Zheng Nan lowered his staff and scratched at his ear. “Bit boring wasn’t it?”
Gu Xiulan cocked an eyebrow, gently blowing the smoke and sparks from her still crackling fingertips. She stood atop the carriage, pale orange flames still licking at the contours of her dress. “We are on the road. I told you it would only be pests along the road.”
“I thought you were just tryin to sound tough,” Zheng Nan complained, resting his staff over his shoulder.
“The Lady was not,” Captain Yun said dryly. His golden spear spun, gleaming in the sun and vanished back into storage. “Honored guest, please step aside that we might purify these.”
“Yeah, yeah,” Zheng Nan said, moving away from the piles of broken bones and ashen flesh as the soldiers began to take the purifying salts from the saddlebags. “How’d you lot keep this road clear anyway? Haven’t spotted a single wardstone.”
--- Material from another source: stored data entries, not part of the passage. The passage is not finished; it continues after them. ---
// Commits: on the disk first, then in the core and in the trail.
ghost use Rattle.std.specs.Prelude.{◌≡◌, ◌+◌, ◌-◌, ◌^◌, ◌<◌, ◌≤◌, ℕ, List, IsTrue, MatchResult, Some, Err};
ghost use Rattle.dkv_base.specs.declared.types.Item.TheVariants.{Made};
ghost use Rattle.dkv_base.specs.declared.types.Profile.TheVariants.{Narrow};
ghost use Rattle.dkv_base.specs.Profiles.{body_most};
ghost use Rattle.dkv_base.specs.Spelling.{record_length, record_body};
ghost use Rattle.dkv_base.specs.Trails.{item_weight};
ghost use Rattle.dkv_core.specs.Decisions.{commit_of, may_ask, Goes};
ghost use Rattle.dkv_journal.specs.Records.{first_layout, laid as laid_of};
ghost use Rattle.dkv_msgs.specs.Readings.{reads_atomic_write};
ghost use Rattle.dkv_record.specs.Records.{commit_of as read_as};
ghost use Rattle.dkv_io.specs.Causes.{Rose};
ghost use Rattle.dkv_io.specs.Disks.{Told, AnyBytes};
ghost use Rattle.dkv_store.specs.Stores.{IsAckWithPlace, IsDone, IsRefused, IsShort, IsOldOrNew, effective_at, used_of, other_of};
ghost use Rattle.dkv_store.specs.Terms.{CommitLeaves};
ghost use Rattle.dkv_store.specs.Trails.{FindsNoStop};
ghost use Rattle.dkv_store.specs.declared.answers.Refusal.TheVariants as refusal;

use crate::answers::{Done, Refusal};
use crate::keep::write;
use crate::laid::{chosen, record_size};
use crate::store::Store;
use crate::trail::ITEM_WEIGHT;
use dkv_base::{Call, Commit, Item};
use dkv_core::{Decided, Prepared};
use dkv_io::Disk;
use std::alloc::Global;

impl<D: Disk> Store<D> {
    /// Commits a call of the caller `who` at a moment in milliseconds since 1970. A gate in doubt is mended before anything is
    /// written. After a fault the commit is in doubt or not on the disk, and a doubt joins the trail. Takes memory for the
    /// record, all of it before the first disk call.
    pub(crate) fn commit_kept(
        &mut self,
        alloc: Global,
        who: u32,
        at: u64,
        call: Call,
    ) -> Result<Done, Refusal>
        requires numbered { self.old.core.state.number < 2 ^ 63 - 1 }
        requires out { IsTrue (may_ask self.old.core call) }
        requires short { IsShort self.old who (effective_at self.old at) call }
        requires unstopped { FindsNoStop call self.old.trail }
        ensures answer { MatchResult result
            (λ d. IsDone self.old who (effective_at self.old at) call d self.new)
            (λ r. IsRefused self.old who (effective_at self.old at) call r self.new) }
        ensures moves { CommitLeaves D.seen D.may_leave D.moment D.left_since
            self.old (commit_of who (effective_at self.old at) call) self.new }
        // All memory is taken before the first disk call.
        ensures untouched { result ≡ Err refusal.NoMemory
            → (self.new.a ≡ self.old.a) × (self.new.b ≡ self.old.b) }
        ensures cause { result ≡ Err refusal.DiskFault
            → Rose (D.faults (used_of self.old)) (D.faults (used_of self.new)) }
        // In doubt is the old commit or this one, if one is.
        ensures doubted { result ≡ Err refusal.DiskFault
            → IsOldOrNew self.old.doubt
            (commit_of who (effective_at self.old at) call) self.new.doubt }
        ensures told { Told AnyBytes (D.seen (used_of self.old)) (D.seen (used_of self.new)) }
        ensures later { D.faults (used_of self.old) ≤ D.faults (used_of self.new) }
        ensures other { other_of self.new ≡ other_of self.old }
        ensures in_use { self.new.in_use ≡ self.old.in_use }
        ensures first { (self.new.a_first ≡ self.old.a_first)
            × (self.new.b_first ≡ self.old.b_first) }
        ensures watches { self.new.core.watches ≡ self.old.core.watches }
        // The acknowledgement of a message that has a place takes no memory.
        ensures free { IsAckWithPlace call self.old.roomless → result ≡ Err refusal.NoMemory → ⊥ }
    {
        let at = self.core.moment(at);
        match self.core.prepare(alloc, who, at, &call)? {
            Decided::Limit(limit) => Ok(Done::Limit(limit)),
            Decided::Fails(places) => {
                self.core.raise(at);
                Ok(Done::Fails(places))
            }
            Decided::NotU64 { index } => {
                self.core.raise(at);
                Ok(Done::NotU64 { index })
            }
            Decided::Goes(prepared) => self.make(alloc, who, at, call, prepared),
        }
    }

    // Makes a commit that was prepared: on the disk, in the core and in the trail.
    fn make(
        &mut self,
        alloc: Global,
        who: u32,
        at: u64,
        call: Call,
        prepared: Prepared,
    ) -> Result<Done, Refusal>
        requires goes { Goes self.old.core who at call prepared }
        requires short { IsShort self.old who at call }
        requires unstopped { FindsNoStop call self.old.trail }
        ensures answer { MatchResult result
            (λ d. IsDone self.old who at call d self.new)
            (λ r. IsRefused self.old who at call r self.new) }
        ensures moves { CommitLeaves D.seen D.may_leave D.moment D.left_since
            self.old (commit_of who at call) self.new }
        // All memory is taken before the first disk call.
        ensures untouched { result ≡ Err refusal.NoMemory
            → (self.new.a ≡ self.old.a) × (self.new.b ≡ self.old.b) }
        ensures cause { result ≡ Err refusal.DiskFault
            → Rose (D.faults (used_of self.old)) (D.faults (used_of self.new)) }
        ensures doubted { result ≡ Err refusal.DiskFault
            → IsOldOrNew self.old.doubt (commit_of who at call) self.new.doubt }
        ensures told { Told AnyBytes (D.seen (used_of self.old)) (D.seen (used_of self.new)) }
        ensures later { D.faults (used_of self.old) ≤ D.faults (used_of self.new) }
        ensures other { other_of self.new ≡ other_of self.old }
        ensures in_use { self.new.in_use ≡ self.old.in_use }
        ensures first { (self.new.a_first ≡ self.old.a_first)
            × (self.new.b_first ≡ self.old.b_first) }
        ensures watches { self.new.core.watches ≡ self.old.core.watches }
        // The acknowledgement of a message that has a place takes no memory.
        ensures free { IsAckWithPlace call self.old.roomless → result ≡ Err refusal.NoMemory → ⊥ }
    {
        let commit = commit_for(who, at, call);
        let Ok((fresh, weight)) = self.trail.ready(alloc, &commit) else {
            self.core.drop_prepared(prepared);
            return Err(Refusal::NoMemory);
        };
        if self.trail.is_too_heavy(&commit, weight, self.limit) {
            self.core.drop_prepared(prepared);
            self.core.raise(at);
            return Err(Refusal::Full {
                trail_bytes: self.trail.weight(),
                limit: self.limit,
            });
        }
        let laid = chosen(&fresh, self.trail.settling());
        if write(&mut self.files, laid, &commit).is_err() {
            self.core.drop_prepared(prepared);
            self.core.raise(at);
            self.trail.add(Item::Doubt { who, at }, ITEM_WEIGHT);
            return Err(Refusal::DiskFault);
        }
        let n = self.core.apply(prepared);
        self.record_bytes = self
            .record_bytes
            .saturating_add(record_size(&commit, weight));
        self.trail.add_made(commit, weight);
        Ok(Done::Committed { n })
    }
}

// The commit that a call asks for.
pub(crate) fn commit_for(who: u32, at: u64, call: Call) -> Commit
    ensures { result ≡ commit_of who at call }
{
    match call {
        Call::Write(write) => Commit::Wrote { who, at, write },
        Call::Ack(id) => Commit::Acked { who, at, id },
        Call::Fail(id) => Commit::Failed { who, at, id },
    }
}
“Oh the road itself is the ward,” Gu Xiulan said dismissively, daintily seating herself on the side of the carriage’s roof. It was good to be out in the open air for a time. “I don’t understand quite how it works, but it follows and connects certain nodes in the formations network that covers the land.”
“Eh? So that’s why it swoops so far out the way, thought that was weird,” Zheng Nan said, squinting at the rolling dunes on the horizon. “What'd you mean by nodes?”
“I thought your sense of direction was terrible,” Gu Xiulan replied, resting her chin on her hand.
“Nah, I just choose to take more fun routes,” Zheng Nan said with a grin. “And you didn’t answer me.
“I know,” Gu Xiulan smirked. “You will just have to see.”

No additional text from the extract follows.